Data shown:
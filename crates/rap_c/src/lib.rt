//! The parser for C, and for whatever calls C: functions on numbers, slices and plain structs.
//!
//! `include/rap.h` declares them, with their units and their statuses. Each call is given a text and the caller's room
//! for steps and for the bytes of messages. It fills the room as far as it reaches, and returns how much there is.
#![tactic(auto)]

mod answer;
mod derived;
mod element;
mod element_room;
mod filler;
mod given;
mod kind_name;
mod literal;
mod message_room;
mod node_filler;
mod nodes;
mod numbers;
mod packer;
mod parse;
mod parse_node;
mod parse_prefix;
mod part;
mod prefix;
mod prefix_nodes;
mod reading;
mod record;
mod records;
mod reparse;
mod reparse_nodes;
mod script;
mod status_text;
mod step;
mod tokens;
mod tree;
mod tree_words;
mod version;
mod waiting;
mod weave;

pub use answer::RapAnswer;
pub use derived::{RapCoreAnswer, RapPlace, rap_core};
pub use element::{RapElement, RapMessage, RapNodesAnswer};
pub use kind_name::{rap_kind_name, rap_kind_of_name};
pub use literal::{RapNumber, RapString, rap_number_value, rap_string_value};
pub use nodes::rap_nodes;
pub use parse::rap_parse;
pub use parse_node::rap_parse_node;
pub use parse_prefix::rap_parse_prefix;
pub use part::RapPart;
pub use prefix::rap_prefix;
pub use prefix_nodes::rap_prefix_nodes;
pub use record::RapRecord;
pub use records::rap_records;
pub use reparse::rap_reparse;
pub use reparse_nodes::rap_reparse_nodes;
pub use script::{rap_blank_lines, rap_script, rap_shebang};
pub use status_text::rap_status_text;
pub use step::RapStep;
pub use tokens::rap_tokens;
pub use tree::rap_tree;
pub use tree_words::rap_tree_words;
pub use version::rap_version;
pub use weave::rap_weave;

Work required: Within the entries above, find every line where the string "derived" occurs, and copy it.

Response:
mod derived;
pub use derived::{RapCoreAnswer, RapPlace, rap_core};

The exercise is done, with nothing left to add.